2.1 Wolfram/DLMF normalization

In the Wolfram Language, HeunC[q,α,γ,δ,ϵ,z] denotes the solution of the canonical CHE that is regular at $z=0$ and satisfies

$$\mathrm{HeunC}(q,\alpha,\gamma,\delta,\epsilon;0)=1.$$

This is precisely the local Frobenius solution with exponent $0$ at $z=0$.

Wolfram also notes:

• HeunC has a branch cut in the complex $z$-plane running from $z=1$ to $z=\infty$ (principal branch choice),
• values in “logarithmic cases” (notably nonpositive integer $\gamma$) are not determined in the same way as generic parameters.

2.2 Ronveaux (1995) canonical form and notation

Part B of Heun’s Differential Equations (Ronveaux, ed., 1995) works with the non-symmetrical canonical form (their Eq. (1.2.27)):

$$w''(z) +\left(4p+\frac{\gamma}{z}+\frac{\delta}{z-1}\right)w'(z) +\frac{4p\,\alpha_R\,z-\sigma}{z(z-1)}\,w(z)=0,$$

with parameters $(p,\alpha_R,\gamma,\delta,\sigma)$.
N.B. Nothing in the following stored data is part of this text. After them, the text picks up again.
//! Scripts: calls on a world, and what they answer; and schedules, which are steps of a machine.
#![tactic(auto)]

mod acts;
mod line;
pub mod player;
pub mod runner;
pub mod scene;
pub mod schedules;

pub use player::play;
pub use runner::run;
pub use scene::Scene;
pub use schedules::play_steps;
pub use sdd_script_model::Val;
pub use sdd_script_text::{
    Action, Answer, BagAction, BagName, Call, CellAction, CellName, CollectorAction, CollectorName,
    ContainerAction, Ended, EntryAction, Fault, GuardAction, GuardName, HeldAction, ItemAction,
    ItemName, JobName, LinkAction, ListName, Names, Numbers, OwnerName, PlaceName, QueueName,
    RawAction, Reader, Reply, Sink, Source, StackName, Value, Writer,
};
They introduce the Frobenius solution at the origin,

$$Hc^{(a)}(p,\alpha_R,\gamma,\delta,\sigma;z),\qquad Hc^{(a)}(\cdots;0)=1,$$

and (for suitable $p$) a solution defined by behavior at infinity (a “radial” solution).

About the superscripts

Ronveaux uses the superscripts $(a)$ and $(r)$ for “angular” and “radial” families (terminology inherited from spheroidal problems).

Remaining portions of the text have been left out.